I feel like we may have just gotten a look at 4e.  A new edition doesn't have to be a total redesign, after all.  Just a streamlining.  Tweak a few monsters, finetune a few difficult mechanics, add some new core classes, and redo the formatting. Best of all, the 3.5 material still works.
I know Mearls has been over at WotC for awhile now, but I can't remember seeing his name on anything.  What HAS he been working on?


----------



## The_Gneech (Jul 14, 2006)

Ashrum the Black said:
			
		

> Possibly linking the ability to the something like the mending spell. A zero level spell all wizards have access to, but may not have memorized. One casting could repair the entire damage, and remove the rusting curse on one item. Means folks may need to step back and rest after the encouter to recover their full potential, but means they won't need to go all the way back to town. And that response can happen from any encounter.

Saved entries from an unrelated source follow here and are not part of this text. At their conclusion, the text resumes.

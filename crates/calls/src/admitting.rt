// Admitting: refusals 4 to 7, and what a new worker is.
use super::bench::{MEMORY, ends, scene, seen_first, span, terms, told, unchanged};
use engine::{Refusal, State};
use std::test::Fail;
use store::CellAddress;

// Also where the cells would be past the store or shared, and no entry is below a length of 0.
#[test]
fn lengths_are_1_to_32768(rt: HostRuntime) -> Result<(), Fail> {
    for (lower, length, entry) in [
        (21, 0, 0),
        (4, 0, 9),
        (32, 0, 0),
        (4_294_967_295, 0, 0),
        (21, 32_769, 0),
        (4, 32_769, 32_769),
        (4_294_967_295, 32_769, 0),
        (0, 4_294_967_295, 0),
        (1, 4_294_967_295, 4_294_967_295),
    ] {
        let mut scene = scene(&rt)?;
        let answer = scene.admit(0, CellAddress(lower), terms(length, entry));
        assert_eq!(rt;
            answer,
            Err(Refusal::BadLength),
            "from {lower} on, {length}"
        );
        unchanged(&rt, scene)?;
    }
    Ok(())
}

// No sum is lost to a width.
#[test]
fn spans_that_touch_share_nothing(rt: HostRuntime) -> Result<(), Fail> {
    for (lower, length) in [(0, 4), (3, 1), (12, 3), (12, 1), (14, 1), (21, 11), (21, 1)] {
        let mut scene = scene(&rt)?;
        let answer = scene.admit(3, CellAddress(lower), terms(length, length - 1));
        assert_eq!(rt; answer, Ok(()), "from {lower} on, {length}");
        let mut seen = seen_first();
        seen.told[3] = Ok(told(State::Ready, 0, 0, length - 1));
        seen.spans[3] = Ok(span(lower, length));
        ends(&rt, scene, seen, &MEMORY)?;
    }
    Ok(())
}

// It is ready with 0 in all registers but P; its words are what lies in its cells, spoiled or not.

That's true; _mending_ combined with the "progressive damage leading to disintegration" model would work well for groups that don't have Craft: Armorsmithing on hand.

-The Gneech


----------



## Ilium (Jul 14, 2006)

With apologies to Mr. Mearls I've compiled some of the suggestions from this thread with my own ideas and written a modified stat block for your perusal.  It's a Word document (forgive me open source purists ).  Let me know what you think.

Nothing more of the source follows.